= WHAT TO WORK ON =
When the word "specs" appears in a line of the data below, list that line.

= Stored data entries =
####################

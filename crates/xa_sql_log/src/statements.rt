//! Statements over the tables of a log.
ghost use Rattle.std.specs.Prelude.{◌≡◌, ◌≤◌, pos, Ok, Err, IfOk, IfErr, OnOk, OnErr};
ghost use Rattle.sqlite.specs.declared.error.Error.{Error};
ghost use Rattle.sqlite.specs.State.{HasCleanDisk};
ghost use Rattle.sqlite.specs.Held.{state};
ghost use Rattle.sqlite.specs.Given.{IsPlain};
ghost use Rattle.sqlite.specs.Listing.{understood};
ghost use Rattle.sqlite.specs.Values.{bound};
ghost use Rattle.xa_sql_log.specs.Tables.{log_schema};
ghost use Rattle.xa_log.specs.Contract.{IsStoreFault};
ghost use Rattle.xa_log.specs.Content.{last_number};
ghost use Rattle.xa_sql_log.specs.Faults.{store_fault_of};
ghost use Rattle.xa_sql_log.specs.Sql.{RunsChanging, IsOrderly, OnlyReads, Rests, AnswersQuery, RunsFrom, LeavesBy};

use sqlite::{Alter, Connection, Error, ErrorCode, Row};
use sqlite_value::value::ValueRef;
use xa_log::LogFault;

/// The fault of a store that failed. Its cause is not told, but for a growth that was refused.
pub(crate) fn store_fault(error: Error) -> LogFault
    ensures kind { IsStoreFault result }
    ensures told { result ≡ store_fault_of error }
{
    match error {
        Error::SqliteFailure(ErrorCode::OutOfMemory) => LogFault::Memory,
        _ => LogFault::Store,
    }
}

/// What the store answered, with its failure as a log tells it.
pub(crate) fn of_store<T>(answer: Result<T, Error>) -> Result<T, LogFault>
    ensures ok { IfOk result (λ value. answer ≡ Ok value) }
    ensures err { IfErr result (λ fault.
        IsStoreFault fault × ((error : Error) × (answer ≡ Err error))) }
{
    match answer {
        Ok(value) => Ok(value),
        Err(error) => Err(store_fault(error)),
    }
}

/// A number as a row has it.
pub(crate) fn stored(number: u64) -> i64
    requires { number ≤ last_number }
    ensures { result ≡ pos number }
{
    number as i64
}

/// Asks for all rows of an answer. The statement is prepared first, so that one that would write is never run on a log that is shut.
pub(crate) fn ask<S: Alter>(
    conn: &mut Connection<S>,
    sql: &str,
    params: &[ValueRef<'_>],
) -> Result<Vec<Row>, LogFault>
    requires { IsPlain (understood log_schema sql.now) }
    ensures reads { OnlyReads (state S.Store conn.old) (state S.Store conn.new) }
    ensures shown { IsOrderly (state S.Store conn.old) → HasCleanDisk (state S.Store conn.new)
        → IfOk result (λ rows. AnswersQuery S.Store sql.now (bound params.now) conn.old
        conn.new rows.items) }
    ensures cause { IfErr result IsStoreFault }
{
    let statement = of_store(conn.prepare(sql))?;
    let rows = of_store(statement.query_all(conn, params))?;
    Ok(rows)
}

/// Runs a statement that writes, and answers how many rows it changed.
pub(crate) fn changed<S: Alter>(
    conn: &mut Connection<S>,
    sql: &str,
    params: &[ValueRef<'_>],
) -> Result<usize, LogFault>
    requires { IsPlain (understood log_schema sql.now) }
    ensures honest { HasCleanDisk (state S.Store conn.new) → HasCleanDisk (state S.Store conn.old) }
    ensures ran { IsOrderly (state S.Store conn.old) → HasCleanDisk (state S.Store conn.new)
        → IfOk result (RunsChanging S.Store sql.now (bound params.now) conn.old conn.new) }
    ensures rests { IsOrderly (state S.Store conn.old) → HasCleanDisk (state S.Store conn.new)
        → OnErr result (Rests (state S.Store conn.old) (state S.Store conn.new)) }
    ensures crash { IsOrderly (state S.Store conn.old) → HasCleanDisk (state S.Store conn.new)
        → LeavesBy S.Store sql.now (bound params.now) conn.old conn.new }
    ensures cause { IfErr result IsStoreFault }
{
    let statement = of_store(conn.prepare(sql))?;
    let rows = of_store(statement.execute(conn, params))?;
    Ok(rows)
}

/// Runs a statement that writes.
pub(crate) fn run<S: Alter>(
    conn: &mut Connection<S>,
    sql: &str,
    params: &[ValueRef<'_>],
) -> Result<(), LogFault>
    requires { IsPlain (understood log_schema sql.now) }
    ensures honest { HasCleanDisk (state S.Store conn.new) → HasCleanDisk (state S.Store conn.old) }
    ensures ran { IsOrderly (state S.Store conn.old) → HasCleanDisk (state S.Store conn.new)
        → OnOk result (RunsFrom S.Store sql.now (bound params.now) conn.old conn.new) }
    ensures rests { IsOrderly (state S.Store conn.old) → HasCleanDisk (state S.Store conn.new)
        → OnErr result (Rests (state S.Store conn.old) (state S.Store conn.new)) }
    ensures crash { IsOrderly (state S.Store conn.old) → HasCleanDisk (state S.Store conn.new)
        → LeavesBy S.Store sql.now (bound params.now) conn.old conn.new }
    ensures cause { IfErr result IsStoreFault }
{
    let _rows = changed(conn, sql, params)?;
    Ok(())
}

####################

= WRITTEN SOLUTION =
ghost use Rattle.std.specs.Prelude.{◌≡◌, ◌≤◌, pos, Ok, Err, IfOk, IfErr, OnOk, OnErr};
ghost use Rattle.sqlite.specs.declared.error.Error.{Error};
ghost use Rattle.sqlite.specs.State.{HasCleanDisk};
ghost use Rattle.sqlite.specs.Held.{state};
ghost use Rattle.sqlite.specs.Given.{IsPlain};
ghost use Rattle.sqlite.specs.Listing.{understood};
ghost use Rattle.sqlite.specs.Values.{bound};
ghost use Rattle.xa_sql_log.specs.Tables.{log_schema};
ghost use Rattle.xa_log.specs.Contract.{IsStoreFault};
ghost use Rattle.xa_log.specs.Content.{last_number};
ghost use Rattle.xa_sql_log.specs.Faults.{store_fault_of};
ghost use Rattle.xa_sql_log.specs.Sql.{RunsChanging, IsOrderly, OnlyReads, Rests, AnswersQuery, RunsFrom, LeavesBy};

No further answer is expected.